Complying with the REIT Requirements may limit our ability to hedge effectively and may cause us to incur tax liabilities.

The REIT provisions of the Code substantially limit our ability to hedge our assets and liabilities. Any income from a hedging transaction that we enter into to manage the risk of interest rate changes with respect to borrowings made or to be made to acquire or carry real estate assets, or from certain terminations of such hedging positions, does not constitute “gross income” for purposes of the 75% or 95% gross income tests that apply to REITs, provided that certain identification requirements are met. To the extent that we enter into other types of hedging transactions or fail to properly identify such transaction as a hedge, the income is likely to be treated as non-qualifying income for purposes of the 75% and 95% gross income tests.
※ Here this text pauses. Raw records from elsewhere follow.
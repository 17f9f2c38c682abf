//! Why a command is refused.

ghost use Rattle.std.specs.Prelude.{◌≡◌, Some};
ghost use Rattle.cdb_base.specs.Refusal.{refusal_name, refusal_number, refusal_text};

use crate::name::StepId;
use std::error::Error;
use std::fmt;

/// Why a command was refused. Each refusal has one number, and no refusal has the number 18.
#[derive(Clone, Copy, Debug, PartialEq, Eq)]
pub enum Refusal {
    /// The process named is not one of 1 to n.
    NoProcess,
    /// A crash of the process stands.
    Crashed,
    /// The process has decided and takes no further step.
    Done,
    /// The machine of the process does not accept this kind of step now.
    NotNow,
    /// No message of that name was sent.
    NoMessage,
    /// The process has received that message.
    Taken,
    /// The answer given is not one of 1 to n.
    BadLeader,
    /// The setup has no answer for this query.
    NoAnswer,
    /// The process has as many standing steps as it may have.
    StepLimit,
    /// No such step stands.
    NoStep,
    /// A standing event depends on it: the first such in the order of the history.
    NeededBy(StepId),
    /// There is nothing to do for the process.
    Idle,
    /// A pause by the breakpoint of that number stands.
    Paused(u32),
    /// The redo list of the seat is empty.
    NothingToRedo,
    /// No such breakpoint stands.
    NoBreak,
    /// As many breakpoints stand as may stand.
    BreakLimit,
    /// The step to be redone is not the next one of its process.
    Moved,
    /// The copy of the message is lost.
    Lost,
    /// In runs of this setup no copy can be lost.
    NoLoss,
}

impl Refusal {
    /// The number under which the refusal is shown.
    pub fn number(&self) -> u8
        ensures { result ≡ refusal_number self.now }
    {
        match self {
            Refusal::NoProcess => 1,
            Refusal::Crashed => 2,
            Refusal::Done => 3,
            Refusal::NotNow => 4,
            Refusal::NoMessage => 5,
            Refusal::Taken => 6,
            Refusal::BadLeader => 7,
            Refusal::NoAnswer => 8,
            Refusal::StepLimit => 9,
            Refusal::NoStep => 10,
            Refusal::NeededBy(_) => 11,
            Refusal::Idle => 12,
            Refusal::Paused(_) => 13,
            Refusal::NothingToRedo => 14,
            Refusal::NoBreak => 15,
            Refusal::BreakLimit => 16,
            Refusal::Moved => 17,
            Refusal::Lost => 19,
            Refusal::NoLoss => 20,
        }
    }

    /// The name under which the refusal is shown: that of the variant, with nothing that it carries.
    pub fn name(&self) -> &'static str
        ensures { result.now ≡ refusal_name self.now }
    {
        match self {
            Refusal::NoProcess => "NoProcess",
            Refusal::Crashed => "Crashed",
            Refusal::Done => "Done",
            Refusal::NotNow => "NotNow",
            Refusal::NoMessage => "NoMessage",
            Refusal::Taken => "Taken",
            Refusal::BadLeader => "BadLeader",
            Refusal::NoAnswer => "NoAnswer",
            Refusal::StepLimit => "StepLimit",
            Refusal::NoStep => "NoStep",
            Refusal::NeededBy(_) => "NeededBy",
            Refusal::Idle => "Idle",
            Refusal::Paused(_) => "Paused",
            Refusal::NothingToRedo => "NothingToRedo",
            Refusal::NoBreak => "NoBreak",
            Refusal::BreakLimit => "BreakLimit",
            Refusal::Moved => "Moved",
            Refusal::Lost => "Lost",
            Refusal::NoLoss => "NoLoss",
        }
    }
}

/// `refused`, the number, the name, and what the refusal carries.
impl fmt::Display for Refusal {
    ghost output = { λ refusal. Some (refusal_text refusal) };

    fn fmt<W: fmt::Write>(&self, f: &mut fmt::Formatter<W>) -> fmt::Result {
        let (number, name) = (self.number(), self.name());
        match self {
            Refusal::NeededBy(event) => write!(f, "refused {number} {name} {event}"),
            Refusal::Paused(breakpoint) => write!(f, "refused {number} {name} {breakpoint}"),
            _ => write!(f, "refused {number} {name}"),
        }
    }
}

impl Error for Refusal {}
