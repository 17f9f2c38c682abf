//! A process as it is shown.

use crate::name::Proc;
use crate::value::Val;

/// A process as it is shown.
#[derive(Clone, Copy, PartialEq, Eq)]
pub struct ProcView {
    pub p: Proc,
    /// Whether it runs Alpha; else it runs the leader-based algorithm.
    pub alpha: bool,
    pub place: u8,
    pub round: u32,
    pub alive: bool,
    /// How many of its steps stand.
    pub steps: u32,
    /// How many of its queries stand.
    pub queries: u32,
    pub decision: Option<Val>,
}
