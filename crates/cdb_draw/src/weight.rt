//! How strongly an event is drawn.

ghost use Rattle.std.specs.Prelude.{◌≡◌};
ghost use Rattle.cdb_draw.specs.Weights.{weigh, weight_text};

/// How strongly the mark and the arrows of an event are drawn.
#[derive(Clone, Copy)]
pub(crate) enum Weight {
    /// It has not led to the step that is asked for.
    Pale,
    /// It has led to that step, or no step is asked for.
    Full,
    /// It is on the trail along which the value came to that step.
    Bold,
}

impl Weight {
    /// That of an event which has led to the step or not, and is on the trail to it or not.
    pub(crate) fn of(led: bool, on_trail: bool) -> Self
        ensures { result ≡ weigh led on_trail }
    {
        match (led, on_trail) {
            (_, true) => Weight::Bold,
            (true, false) => Weight::Full,
            (false, false) => Weight::Pale,
        }
    }

    /// Its class in the style of a picture.
    pub(crate) fn class(self) -> &'static str
        ensures { result.now ≡ weight_text self }
    {
        match self {
            Weight::Pale => "pale",
            Weight::Full => "full",
            Weight::Bold => "bold",
        }
    }
}
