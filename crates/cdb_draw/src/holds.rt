//! What registers hold, on their lanes.

ghost use Rattle.std.specs.Prelude.{◌≡◌, ◌≤◌};
ghost use Rattle.cdb_draw.specs.EventMarks.{held_text, holding_text, written_text};
ghost use Rattle.cdb_draw.specs.Layout.{IsGrid};
ghost use Rattle.cdb_draw.specs.Pieces.{piece_text, pieces_text};
ghost use Rattle.cdb_rules.specs.ByRules.{cell_in};
ghost use Rattle.cdb_text.specs.Pushes.{Pushes};

use crate::arrow::register_spot;
use crate::layout::Grid;
use crate::mark::value;
use crate::piece::Piece::{Between, Text};
use crate::piece::{Piece, push_each};
use crate::weight::Weight;
use cdb_base::limits::MAX_ENTRIES;
use cdb_base::{Event, Kind, Reg};
use cdb_rules::Runs;
use std::alloc::AllocError;

/// The value that a register of a run holds, where the run has it.
fn held<T: Runs>(run: &T, register: &Reg) -> Piece<'static>
    ensures { piece_text result ≡ held_text (cell_in T.rules (T.run run.now) register.now) }
{
    match run.cell(*register) {
        Some(cell) => value(cell.val),
        None => Text(""),
    }
}

/// A value on the lane of a register, at the head of the arrow at a position.
#[tactic(auto, unfolding(crate::specs::EventMarks::holding_text))]
fn holding(
    grid: Grid,
    weight: Weight,
    position: usize,
    register: Reg,
    value: Piece<'static>,
) -> [Piece<'static>; 7]
    requires grid { IsGrid grid }
    requires position { position ≤ MAX_ENTRIES }
    ensures { pieces_text result
        ≡ holding_text grid weight position register (piece_text value.entry) }
{
    let at = register_spot(grid, position, register);
    [
        Text("<g class='holds "),
        Text(weight.class()),
        Text("' transform='translate("),
        Between(at.x, ",", at.y),
        Text(")'><text x='6' y='-3'>"),
        value,
        Text("</text></g>\n"),
    ]
}

/// Adds what the last event of a run, which stands at a position, from 1, left in a register, where it is a write.
pub(crate) fn push_written<T: Runs>(
    text: &mut String,
    grid: Grid,
    run: &T,
    weight: Weight,
    position: usize,
    event: &Event,
) -> Result<(), AllocError>
    requires grid { IsGrid grid }
    requires position { position ≤ MAX_ENTRIES }
    ensures { Pushes result text.old text.new
        (written_text T.rules grid (T.run run.now) weight position event.now) }
{
    match *event {
        Event::Step {
            kind: Kind::Write(register),
            ..
        } => {
            let value = held(run, &register);
            push_each(text, &holding(grid, weight, position, register, value))
        }
        _ => Ok(()),
    }
}
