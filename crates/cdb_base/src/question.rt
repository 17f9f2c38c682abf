//! What is asked of a run that stands.

/// A step that is asked for: the `k`-th standing step of process `p`, or without `k` its last one. The numbers are as a
/// user gave them: whether they name a step is seen in the run.
#[derive(Clone, Copy)]
pub struct StepAsked {
    pub p: u32,
    pub k: Option<u32>,
}

/// What is asked of a run.
#[derive(Clone, Copy)]
pub enum Question {
    /// What led to the step.
    Explain(StepAsked),
    /// How a value came to the step.
    Trail(StepAsked),
    /// A picture with this number of columns to a row, or with 0 all in one row. What led to the step stands out;
    /// without a step, everything does.
    Draw {
        columns: u32,
        step: Option<StepAsked>,
    },
    /// A script that plays the run, or only what led to the step.
    Slice(Option<StepAsked>),
    /// The clocks of the run.
    Clocks,
    /// The page of the run, for a browser.
    Page,
}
As a result of these rules, we may be required to limit our use of advantageous hedging techniques or implement those hedges through a TRS. This could increase the cost of our hedging activities because any TRS in which we own an interest may be subject to tax on its income or gains or expose us to greater risks associated with changes in interest rates than we would otherwise want to bear. In addition, losses in any TRS in which we own an interest will generally not provide any tax benefit, except that such losses may only be carried forward and may only be deducted against 80% of future taxable income in such TRS.

Complying with the REIT Requirements may force us to liquidate or forgo otherwise attractive investments.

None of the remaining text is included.